Bu olumsuz durumlar tamamen 12 Eylül’ün getirdiği sonuçlardır. 12 Eylül bu ülkenin üzerine bir “karabasan” gibi çökmüştür
AKP iktidarının bugün uygulamış olduğu politikalar da 12 Eylül darbesinin uygulamış olduğu politikaları aratmamaktadır. Zaten AKP’yi var eden de 12 Eylül darbesidir. Bugün çalışanların temel hakları ellerinden alınmış, THY çalışanları, Tekel işçileri vs. gibi örgütlü çalışanların bile hakları gasbedilmiş, çalışanların, emeklilerin, üretenlerin vs reel gelirleri 1980 öncesine göre %70’lere varan bir gerileme yaşamış; gazeteciler, hak arayanlar içeri atılmış, muhalifler susturulmuş vs. bir konumda yaşamaktayız. 
Bu uygulamaların 12 Eylül’le ne farkı vardır? Sadece bugünün karar vericilerinin apoletleri yoktur.

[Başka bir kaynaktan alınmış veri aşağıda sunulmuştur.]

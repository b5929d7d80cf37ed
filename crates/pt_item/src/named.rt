ghost use Rattle.std.specs.Prelude.{◌≡◌, ℕ, Some, map, slice_get, Contains};

use pt_case::Check;
use pt_val::Name;

/// A check that has this name.
pub(crate) fn check_named<'a, C: Check>(name: &Name, checks: &'a [C]) -> &'a C
    requires { Contains (map C.name checks.now) name.now }
    ensures named { C.name result.now ≡ name.now }
    ensures among { (place : ℕ) × (slice_get checks.now place ≡ Some result.now) }
{
    for check in checks {
        if *check.name() == *name {
            return check;
        }
    }
    unreachable!()
}
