ghost use Rattle.std.specs.Prelude.{map};
ghost use Rattle.pt_ast.specs.Plain.{plain_item};
ghost use Rattle.pt_item.specs.Item.{IsHandedIn};
ghost use Rattle.pt_item.specs.Check.{IsCheckOf};

use crate::named::check_named;
use pt_ast::{Body, Item};
use pt_case::{Case, Check, Ending};
use pt_choice::NoMemory;
use pt_machine::MachineCheck;
use pt_prop::PropertyCheck;
use pt_val::Name;

/// An item of a suite as a check. The suite and the checks that are handed in stay where they are, so that workers may share it.
#[derive(Drop)]
pub enum ItemCheck<'a, C: Check> {
    Property(PropertyCheck<'a>),
    Machine(MachineCheck<'a>),
    /// One of those that are handed in.
    Handed(&'a C),
}

impl<'a, C: Check> ItemCheck<'a, C> {
    /// The check of an item. It takes no memory, and is used while the item and the checks are lent. Of several checks of the item's
    /// name it may be any.
    pub fn of(item: &'a Item, checks: &'a [C]) -> ItemCheck<'a, C>
        requires { IsHandedIn (map C.name checks.now) (plain_item item.now) }
        ensures { IsCheckOf C.name checks.now (plain_item item.now) result }
    {
        match &item.body {
            Body::Check => ItemCheck::Handed(check_named(&item.name.name, checks)),
            Body::Property(_) => ItemCheck::Property(PropertyCheck::of(item)),
            Body::Machine(_) => ItemCheck::Machine(MachineCheck::of(item)),
        }
    }
}

impl<C: Check> Check for ItemCheck<'_, C> {
    ghost use Rattle.pt_item.specs.Check.{check_name, check_step};

    ghost name = { check_name C.name };

    ghost step = { check_step C.step };

    fn name(&self) -> &Name {
        match self {
            ItemCheck::Property(property) => property.name(),
            ItemCheck::Machine(machine) => machine.name(),
            ItemCheck::Handed(handed) => handed.name(),
        }
    }

    fn run(&self, case: &mut Case) -> Result<Ending, NoMemory> {
        match self {
            ItemCheck::Property(property) => property.run(case),
            ItemCheck::Machine(machine) => machine.run(case),
            ItemCheck::Handed(handed) => handed.run(case),
        }
    }
}
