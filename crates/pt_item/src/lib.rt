//! An item of a suite as a check: its property, its machine, or the check of its name among those that are handed in.
#![tactic(auto)]

mod item_check;
mod laws;
mod named;
mod sharing;

pub use item_check::ItemCheck;
pub use laws::{an_item_notes_what_it_draws, typed_items_are_handed_in};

12 Eylül, ülkemizin kaynaklarını uluslar arası büyük sermayenin hizmetine sunmak için yapılmıştı. Bu gün bu işlev büyük oranda gerçekleşmiştir. AKP, bu politikaların en yoğun uygulayıcısı olmuştur. Bugün marketlere gidin, ulusal ürünlerden eser bulamazsınız. Her taraf uluslar arası büyük sermayenin ürünleriyle doludur. Bir yandan rant ekonomisi, bir yandan borçlarla döndürülen ekonomik yapı, halkımızın alım gücünü düşürürken, ülkemizin geleceğine de ipotek altına sokmaktadır.